Task description: Report each line of the data that includes the word "mandatory".

Stored records
********************
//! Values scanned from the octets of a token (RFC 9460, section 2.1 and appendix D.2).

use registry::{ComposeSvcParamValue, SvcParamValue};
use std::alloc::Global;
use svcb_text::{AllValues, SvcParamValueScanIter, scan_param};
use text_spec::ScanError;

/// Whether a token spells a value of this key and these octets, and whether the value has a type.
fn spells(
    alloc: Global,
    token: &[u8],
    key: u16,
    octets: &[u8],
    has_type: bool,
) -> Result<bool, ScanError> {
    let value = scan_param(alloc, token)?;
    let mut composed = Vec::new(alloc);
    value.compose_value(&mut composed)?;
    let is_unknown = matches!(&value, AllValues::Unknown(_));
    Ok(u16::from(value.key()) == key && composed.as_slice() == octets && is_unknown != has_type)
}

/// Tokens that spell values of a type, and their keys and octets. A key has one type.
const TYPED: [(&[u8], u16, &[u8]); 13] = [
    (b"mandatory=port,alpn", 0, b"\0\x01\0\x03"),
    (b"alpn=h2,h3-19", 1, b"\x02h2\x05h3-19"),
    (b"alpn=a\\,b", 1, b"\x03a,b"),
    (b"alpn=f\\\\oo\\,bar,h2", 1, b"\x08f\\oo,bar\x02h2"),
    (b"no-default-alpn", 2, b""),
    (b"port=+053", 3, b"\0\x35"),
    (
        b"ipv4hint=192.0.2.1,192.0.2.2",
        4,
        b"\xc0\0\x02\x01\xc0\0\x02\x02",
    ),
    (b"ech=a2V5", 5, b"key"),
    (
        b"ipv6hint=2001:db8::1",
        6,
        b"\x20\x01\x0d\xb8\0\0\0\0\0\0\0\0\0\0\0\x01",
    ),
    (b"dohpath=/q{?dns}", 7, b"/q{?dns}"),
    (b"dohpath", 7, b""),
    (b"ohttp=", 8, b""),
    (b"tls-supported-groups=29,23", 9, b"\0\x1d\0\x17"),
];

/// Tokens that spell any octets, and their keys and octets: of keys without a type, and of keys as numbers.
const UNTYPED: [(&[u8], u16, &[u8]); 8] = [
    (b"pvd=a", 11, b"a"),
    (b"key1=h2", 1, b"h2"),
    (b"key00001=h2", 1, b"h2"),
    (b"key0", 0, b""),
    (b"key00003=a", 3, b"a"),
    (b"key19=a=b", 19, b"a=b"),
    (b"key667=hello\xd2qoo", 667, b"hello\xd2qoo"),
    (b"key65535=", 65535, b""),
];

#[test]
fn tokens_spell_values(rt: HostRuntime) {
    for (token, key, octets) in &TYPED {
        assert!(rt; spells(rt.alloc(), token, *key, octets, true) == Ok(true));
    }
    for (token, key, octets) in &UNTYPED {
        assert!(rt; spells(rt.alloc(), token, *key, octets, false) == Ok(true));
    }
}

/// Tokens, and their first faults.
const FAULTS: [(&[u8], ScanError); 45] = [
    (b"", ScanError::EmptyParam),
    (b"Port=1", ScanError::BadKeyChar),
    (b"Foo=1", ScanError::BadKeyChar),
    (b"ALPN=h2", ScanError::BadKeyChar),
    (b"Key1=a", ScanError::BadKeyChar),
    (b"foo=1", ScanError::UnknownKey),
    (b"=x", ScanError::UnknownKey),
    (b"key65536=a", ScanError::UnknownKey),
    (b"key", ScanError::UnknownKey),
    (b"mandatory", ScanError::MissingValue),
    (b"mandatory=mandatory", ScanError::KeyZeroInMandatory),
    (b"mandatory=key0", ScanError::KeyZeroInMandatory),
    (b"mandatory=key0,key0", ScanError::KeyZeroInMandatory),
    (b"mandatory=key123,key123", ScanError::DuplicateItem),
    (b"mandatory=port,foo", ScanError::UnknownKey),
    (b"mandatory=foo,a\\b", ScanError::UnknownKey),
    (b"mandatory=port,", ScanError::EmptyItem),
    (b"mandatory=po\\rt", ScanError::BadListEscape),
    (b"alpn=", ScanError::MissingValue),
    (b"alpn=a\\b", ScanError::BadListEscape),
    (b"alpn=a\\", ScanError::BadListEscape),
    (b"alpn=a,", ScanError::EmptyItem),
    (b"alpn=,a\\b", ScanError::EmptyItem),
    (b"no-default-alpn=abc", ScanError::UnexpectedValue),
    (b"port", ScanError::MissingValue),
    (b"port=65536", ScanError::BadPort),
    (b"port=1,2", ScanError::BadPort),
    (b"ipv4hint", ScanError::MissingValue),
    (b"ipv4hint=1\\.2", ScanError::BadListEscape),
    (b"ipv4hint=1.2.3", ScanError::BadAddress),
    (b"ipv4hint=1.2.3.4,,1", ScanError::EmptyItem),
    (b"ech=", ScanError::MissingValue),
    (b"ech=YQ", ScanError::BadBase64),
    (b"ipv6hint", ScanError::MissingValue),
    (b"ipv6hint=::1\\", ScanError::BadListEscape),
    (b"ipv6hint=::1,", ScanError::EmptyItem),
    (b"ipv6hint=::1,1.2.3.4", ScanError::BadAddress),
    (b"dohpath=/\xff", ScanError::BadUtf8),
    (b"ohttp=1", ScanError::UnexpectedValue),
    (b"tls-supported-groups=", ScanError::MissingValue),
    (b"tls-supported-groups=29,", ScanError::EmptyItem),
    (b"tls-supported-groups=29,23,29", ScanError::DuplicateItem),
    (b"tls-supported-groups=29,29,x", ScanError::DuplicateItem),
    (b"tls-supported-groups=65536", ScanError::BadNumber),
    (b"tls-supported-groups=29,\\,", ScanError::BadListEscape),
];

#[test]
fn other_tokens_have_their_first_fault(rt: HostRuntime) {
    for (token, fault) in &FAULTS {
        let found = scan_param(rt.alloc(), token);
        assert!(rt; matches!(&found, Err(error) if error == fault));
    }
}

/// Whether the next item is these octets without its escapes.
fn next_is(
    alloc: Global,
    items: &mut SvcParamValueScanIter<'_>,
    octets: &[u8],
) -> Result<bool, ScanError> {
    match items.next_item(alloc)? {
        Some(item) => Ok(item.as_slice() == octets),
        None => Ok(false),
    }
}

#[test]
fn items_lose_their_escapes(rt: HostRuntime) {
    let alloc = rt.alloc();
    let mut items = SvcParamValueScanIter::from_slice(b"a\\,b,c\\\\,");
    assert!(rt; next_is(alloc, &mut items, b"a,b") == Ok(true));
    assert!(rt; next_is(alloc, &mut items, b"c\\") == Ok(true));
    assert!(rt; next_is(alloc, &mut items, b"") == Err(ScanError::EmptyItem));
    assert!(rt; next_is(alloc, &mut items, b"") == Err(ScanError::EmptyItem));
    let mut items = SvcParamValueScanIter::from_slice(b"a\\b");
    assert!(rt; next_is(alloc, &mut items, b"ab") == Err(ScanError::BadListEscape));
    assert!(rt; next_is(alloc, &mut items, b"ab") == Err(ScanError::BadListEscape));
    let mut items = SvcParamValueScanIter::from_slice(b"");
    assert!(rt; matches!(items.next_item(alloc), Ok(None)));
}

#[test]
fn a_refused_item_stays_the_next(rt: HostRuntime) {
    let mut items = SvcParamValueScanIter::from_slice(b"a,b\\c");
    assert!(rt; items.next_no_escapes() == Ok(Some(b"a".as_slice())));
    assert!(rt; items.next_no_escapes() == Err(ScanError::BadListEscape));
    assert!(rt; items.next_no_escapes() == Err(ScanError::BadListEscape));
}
********************
Exercise answer:
    (b"mandatory=port,alpn", 0, b"\0\x01\0\x03"),
    (b"mandatory", ScanError::MissingValue),
    (b"mandatory=mandatory", ScanError::KeyZeroInMandatory),
    (b"mandatory=key0", ScanError::KeyZeroInMandatory),
    (b"mandatory=key0,key0", ScanError::KeyZeroInMandatory),
    (b"mandatory=key123,key123", ScanError::DuplicateItem),
    (b"mandatory=port,foo", ScanError::UnknownKey),
    (b"mandatory=foo,a\\b", ScanError::UnknownKey),
    (b"mandatory=port,", ScanError::EmptyItem),
    (b"mandatory=po\\rt", ScanError::BadListEscape),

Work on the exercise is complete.